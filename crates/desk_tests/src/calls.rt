//! Tables of calls at a desk, with their answers.
use crate::desks::{Scene, limits, play};
use change_list::{Config, Item};
use desk::{Desk, Ended, Seat, Taker};
use history::Naming;
use interval_class::{Interval, Intervals};
use key_class::Refusal;
use std::alloc::Global;
use std::process::Abort;
use std::sync::Wait;
use std::sync::ledger::Ledger;
use std::test::*;
use test_support::all;
use world::Reply;

/// A call of a seat, with a number as its answer.
#[derive(Clone, Copy)]
enum Call {
    /// A key of a single number. The answer is the number of the commit, as of the next two.
    Insert(i64),
    Delete(u64),
    Move(u64, i64),
    /// Of a page, answered by how many deleted rows were removed.
    Sweep(u64),
    /// Of each page.
    SweepAll,
    /// Of all rows, and a mark: how many items a cursor delivers, if closing it gives a receipt.
    Read,
    /// The same of a cursor that follows a commit.
    Follow(u64),
    /// The row that is inserted by the first item after a commit, if that is delivered after one turn and closing the
    /// cursor gives a receipt.
    FollowOnce(u64),
}

/// The place of a seat, its call, and the answer.
type Step = (usize, Call, Result<u64, Refusal>);

/// Calls, one after the other.
#[derive(Drop)]
struct Table {
    steps: &'static [Step],
}

pub fn insert<L: Ledger + Naming, R: Wait>(
    rt: &R,
    desk: &Desk<Intervals, L>,
    seat: &mut Seat<Intervals, L>,
    key: Interval,
) -> Result<u64, Refusal> {
    Ok(desk.insert(rt, seat, key, 0)?.number())
}

pub fn delete<L: Ledger + Naming, R: Wait>(
    rt: &R,
    desk: &Desk<Intervals, L>,
    seat: &mut Seat<Intervals, L>,
    row: u64,
) -> Result<u64, Refusal> {
    Ok(desk.delete(rt, seat, row)?.number())
}

pub fn move_row<L: Ledger + Naming, R: Wait>(
    rt: &R,
    desk: &Desk<Intervals, L>,
    seat: &mut Seat<Intervals, L>,
    row: u64,
    key: Interval,
) -> Result<u64, Refusal> {
    Ok(desk.move_row(rt, seat, row, key)?.number())
}

fn sweep<L: Ledger + Naming, R: Wait>(
    rt: &R,
    desk: &Desk<Intervals, L>,
    page: u64,
) -> Result<u64, Refusal> {
    match desk.sweep(rt, page) {
        Reply::Swept(count) => Ok(count),
        Reply::Refused(why) => Err(why),
        _ => Err(Refusal::NotHere),
    }
}

/// How many deleted rows sweeps of the first 64 pages remove. A sweep that runs out of memory is made again.
fn sweep_all<L: Ledger + Naming, R: Wait>(rt: &R, desk: &Desk<Intervals, L>) -> u64 {
    let mut swept: u64 = 0;
    for page in 0..64 {
        let count = match sweep(rt, desk, page) {
            Err(Refusal::OutOfMemory) => sweep(rt, desk, page),
            count => count,
        };
        swept = swept.saturating_add(count.unwrap_or(0));
    }
    swept
}

/// What a cursor delivers until it is idle, at most 64 items. A turn that runs out of memory is made again.
pub fn delivered<L: Ledger + Naming, R: Wait>(
    rt: &R,
    alloc: Global,
    desk: &Desk<Intervals, L>,
    taker: &mut Taker<'_, Intervals, L>,
) -> Result<Vec<Item<Interval>>, Refusal> {
    let mut items = Vec::with_capacity(alloc, 64)?;
    for _ in 0..1_000 {
        if let Reply::Refused(Refusal::Idle) = desk.turn(rt, taker.cursor()) {
            return Ok(items);
        }
        if let Some(item) = taker.take() {
            items.push(item)?;
        }
    }
    Err(Refusal::NotHere)
}

/// How many items there are, if closing the cursor with them gives a receipt that names its opening.
fn received<L: Ledger + Naming, R: Wait>(
    rt: &R,
    seat: &mut Seat<Intervals, L>,
    taker: Taker<'_, Intervals, L>,
    items: &[Item<Interval>],
) -> Result<u64, Refusal> {
    let (follows, opened) = (taker.follows(), taker.opened());
    match taker.close(rt, seat, items) {
        Ended::Receipt(receipt) if receipt.follows() == follows && receipt.opened() == opened => {
            Ok(items.len() as u64)
        }
        _ => Err(Refusal::OutOfMemory),
    }
}

/// How many items a cursor delivers, a mark among them.
fn read<L: Ledger + Naming, R: Wait>(
    rt: &R,
    alloc: Global,
    desk: &Desk<Intervals, L>,
    seat: &mut Seat<Intervals, L>,
    taker: Taker<'_, Intervals, L>,
) -> Result<u64, Refusal> {
    let mut taker = taker;
    let _asked = desk.ask_mark(rt, taker.cursor());
    match delivered(rt, alloc, desk, &mut taker) {
        Ok(items) => received(rt, seat, taker, items.as_slice()),
        Err(why) => {
            let _closed = taker.give_up(rt);
            Err(why)
        }
    }
}

/// The row that the first item inserts, after one turn.
fn follow_once<L: Ledger + Naming, R: Wait>(
    rt: &R,
    desk: &Desk<Intervals, L>,
    seat: &mut Seat<Intervals, L>,
    taker: Taker<'_, Intervals, L>,
) -> Result<u64, Refusal> {
    let mut taker = taker;
    let _reply = desk.turn(rt, taker.cursor());
    let Some(Item::Inserted(row)) = taker.take() else {
        return Err(Refusal::Idle);
    };
    let _count = received(rt, seat, taker, &[Item::Inserted(row)])?;
    Ok(row.row)
}

fn answer<L: Ledger + Naming, R: Wait>(
    rt: &R,
    alloc: Global,
    desk: &Desk<Intervals, L>,
    seat: &mut Seat<Intervals, L>,
    call: Call,
) -> Result<u64, Refusal> {
    match call {
        Call::Insert(at) => insert(rt, desk, seat, Interval::new(at, at)?),
        Call::Delete(row) => delete(rt, desk, seat, row),
        Call::Move(row, at) => move_row(rt, desk, seat, row, Interval::new(at, at)?),
        Call::Sweep(page) => sweep(rt, desk, page),
        Call::SweepAll => Ok(sweep_all(rt, desk)),
        Call::Read => {
            let taker = desk.open_cursor(rt, seat, all(), 2)?;
            read(rt, alloc, desk, seat, taker)
        }
        Call::Follow(commit) => {
            let taker = desk.open_from(rt, seat, all(), 2, commit)?;
            read(rt, alloc, desk, seat, taker)
        }
        Call::FollowOnce(commit) => {
            let taker = desk.open_from(rt, seat, all(), 16, commit)?;
            follow_once(rt, desk, seat, taker)
        }
    }
}

/// Whether a call is answered so. A refused call leaves its seat as it was; one that runs out of memory, which is counted,
/// is made again.
fn is_answered<L: Ledger + Naming, R: Wait>(
    rt: &R,
    alloc: Global,
    desk: &Desk<Intervals, L>,
    seat: &mut Seat<Intervals, L>,
    call: Call,
    wanted: Result<u64, Refusal>,
    wants: &mut u64,
) -> bool {
    let share = seat.share();
    let mut answered = answer(rt, alloc, desk, seat, call);
    let is_kept = seat.share() == share && seat.stamps().len() as u64 == share;
    if answered == Err(Refusal::OutOfMemory) && is_kept {
        *wants = wants.saturating_add(1);
        answered = answer(rt, alloc, desk, seat, call);
    }
    answered == wanted && (answered.is_ok() || is_kept)
}

/// The place of the first step with another answer.
fn first_wrong<L: Ledger + Naming, R: Wait>(
    rt: &R,
    alloc: Global,
    desk: &Desk<Intervals, L>,
    seats: &mut [Seat<Intervals, L>],
    steps: &[Step],
    wants: &mut u64,
) -> Option<usize> {
    for (place, (seat, call, wanted)) in steps.iter().enumerate() {
        let is_right = match seats.get_mut(*seat) {
            Some(seat) => is_answered(rt, alloc, desk, seat, *call, *wanted, wants),
            None => false,
        };
        if !is_right {
            return Some(place);
        }
    }
    None
}

impl Scene for Table {
    fn play<L: Ledger + Naming, R: Wait + Abort>(
        &self,
        rt: &R,
        alloc: Global,
        desk: &Desk<Intervals, L>,
        seats: &mut [Seat<Intervals, L>],
    ) -> Result<(), Refusal> {
        let mut wants: u64 = 0;
        let wrong = first_wrong(rt, alloc, desk, seats, self.steps, &mut wants);
        assert!(rt; wrong.is_none() && wants < 2, "{wrong:?}");
        Ok(())
    }
}

/// How many commits are made by these calls, all of which are answered so.
fn made<R: Wait + Abort>(
    rt: &R,
    alloc: Global,
    config: Config,
    seats: usize,
    steps: &'static [Step],
) -> Result<u64, Refusal> {
    play(rt, alloc, config, seats, &Table { steps })
}

/// Two seats at one row of a desk of three commits.
static ROW_DELETED: [Step; 9] = [
    (0, Call::Insert(1), Ok(1)),
    (1, Call::Insert(1), Ok(2)),
    (1, Call::Delete(9), Err(Refusal::NoSuchRow)),
    (1, Call::Delete(1), Ok(3)),
    (0, Call::Delete(1), Err(Refusal::AlreadyDeleted)),
    (0, Call::Delete(2), Err(Refusal::CommitsFull)),
    (1, Call::Insert(1), Err(Refusal::CommitsFull)),
    (0, Call::Sweep(0), Ok(1)),
    (0, Call::Read, Ok(2)),
];

#[test]
fn two_seats_delete_one_row(rt: HostRuntime) -> Result<(), Fail> {
    assert!(rt; made(&rt, rt.alloc(), limits(64, 3), 2, &ROW_DELETED)? == 3);
    Ok(())
}

static ROW_MOVED: [Step; 4] = [
    (0, Call::Insert(1), Ok(1)),
    (1, Call::Move(9, 3), Err(Refusal::NoSuchRow)),
    (1, Call::Move(1, 3), Ok(2)),
    (0, Call::Move(1, 3), Err(Refusal::AlreadyDeleted)),
];

#[test]
fn two_seats_move_one_row(rt: HostRuntime) -> Result<(), Fail> {
    assert!(rt; made(&rt, rt.alloc(), limits(64, 99), 2, &ROW_MOVED)? == 2);
    Ok(())
}

static COMMIT_FOLLOWED: [Step; 5] = [
    (0, Call::Insert(5), Ok(1)),
    (0, Call::FollowOnce(0), Ok(1)),
    (0, Call::FollowOnce(1), Err(Refusal::Idle)),
    (0, Call::FollowOnce(2), Err(Refusal::FromFuture)),
    (0, Call::Follow(0), Ok(2)),
];

#[test]
fn a_client_follows_a_commit(rt: HostRuntime) -> Result<(), Fail> {
    assert!(rt; made(&rt, rt.alloc(), limits(64, 99), 1, &COMMIT_FOLLOWED)? == 1);
    Ok(())
}

/// The root takes four rows. To grow it needs two pages, and only one is left.
static ONE_LEFT: [Step; 10] = [
    (0, Call::Insert(1), Ok(1)),
    (0, Call::Insert(2), Ok(2)),
    (0, Call::Insert(3), Ok(3)),
    (0, Call::Insert(4), Ok(4)),
    (0, Call::Insert(5), Err(Refusal::PagesFull)),
    (0, Call::Move(1, 5), Err(Refusal::PagesFull)),
    (0, Call::Delete(1), Ok(5)),
    (0, Call::Sweep(0), Ok(1)),
    (0, Call::Insert(5), Ok(6)),
    (0, Call::Read, Ok(5)),
];

/// Two leaves: the second has no room for a key that belongs there, the first has room for two others. A sweep of one
/// leaves the other as it was.
static NONE_LEFT: [Step; 17] = [
    (0, Call::Insert(1), Ok(1)),
    (0, Call::Insert(2), Ok(2)),
    (0, Call::Insert(3), Ok(3)),
    (0, Call::Insert(4), Ok(4)),
    (0, Call::Insert(5), Ok(5)),
    (0, Call::Insert(6), Ok(6)),
    (0, Call::Insert(7), Err(Refusal::PagesFull)),
    (0, Call::Move(1, 7), Err(Refusal::PagesFull)),
    (0, Call::Move(3, 2), Ok(7)),
    (0, Call::Delete(4), Ok(8)),
    (0, Call::Insert(1), Ok(9)),
    (0, Call::Insert(1), Err(Refusal::PagesFull)),
    (0, Call::Sweep(1), Ok(0)),
    (0, Call::Sweep(2), Ok(2)),
    (0, Call::Insert(7), Ok(10)),
    (0, Call::Move(1, 7), Ok(11)),
    (0, Call::Read, Ok(8)),
];

/// Five commits, and no page but the root: the limit that is reached first is reported.
static FULL_OF_COMMITS: [Step; 11] = [
    (0, Call::Insert(1), Ok(1)),
    (0, Call::Insert(2), Ok(2)),
    (0, Call::Insert(3), Ok(3)),
    (0, Call::Insert(4), Ok(4)),
    (0, Call::Insert(5), Err(Refusal::PagesFull)),
    (0, Call::Delete(1), Ok(5)),
    (0, Call::Insert(5), Err(Refusal::CommitsFull)),
    (0, Call::Move(2, 5), Err(Refusal::CommitsFull)),
    (0, Call::Move(1, 5), Err(Refusal::AlreadyDeleted)),
    (0, Call::Delete(2), Err(Refusal::CommitsFull)),
    (0, Call::Read, Ok(4)),
];

#[test]
fn a_desk_runs_out_of_pages(rt: HostRuntime) -> Result<(), Fail> {
    assert!(rt; made(&rt, rt.alloc(), limits(2, 99), 1, &ONE_LEFT)? == 6);
    assert!(rt; made(&rt, rt.alloc(), limits(3, 99), 1, &NONE_LEFT)? == 11);
    assert!(rt; made(&rt, rt.alloc(), limits(1, 5), 1, &FULL_OF_COMMITS)? == 5);
    Ok(())
}

/// Calls of each kind that allocates.
static ALLOCATING: [Step; 14] = [
    (0, Call::Insert(1), Ok(1)),
    (0, Call::Insert(2), Ok(2)),
    (0, Call::Insert(3), Ok(3)),
    (0, Call::Insert(4), Ok(4)),
    (0, Call::Insert(5), Ok(5)),
    (0, Call::Insert(6), Ok(6)),
    (0, Call::Insert(7), Ok(7)),
    (0, Call::Read, Ok(8)),
    (0, Call::Delete(2), Ok(8)),
    (0, Call::Move(3, 30), Ok(9)),
    (0, Call::Read, Ok(7)),
    (0, Call::Follow(5), Ok(5)),
    (0, Call::SweepAll, Ok(2)),
    (0, Call::Read, Ok(7)),
];

#[test]
fn refused_memory_leaves_a_desk_whole(rt: HostRuntime) -> Result<(), Fail> {
    assert!(rt; made(&rt, rt.alloc(), limits(64, 99), 1, &ALLOCATING)? == 9);
    Ok(())
}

- _Assignment_
Could you copy exactly the lines from the first line of the records above through the line containing "use std::process::Abort;", both included, and nothing else?

- _Task output_
filename crates/desk_tests/src/calls.rt
//! Tables of calls at a desk, with their answers.
use crate::desks::{Scene, limits, play};
use change_list::{Config, Item};
use desk::{Desk, Ended, Seat, Taker};
use history::Naming;
use interval_class::{Interval, Intervals};
use key_class::Refusal;
use std::alloc::Global;
use std::process::Abort;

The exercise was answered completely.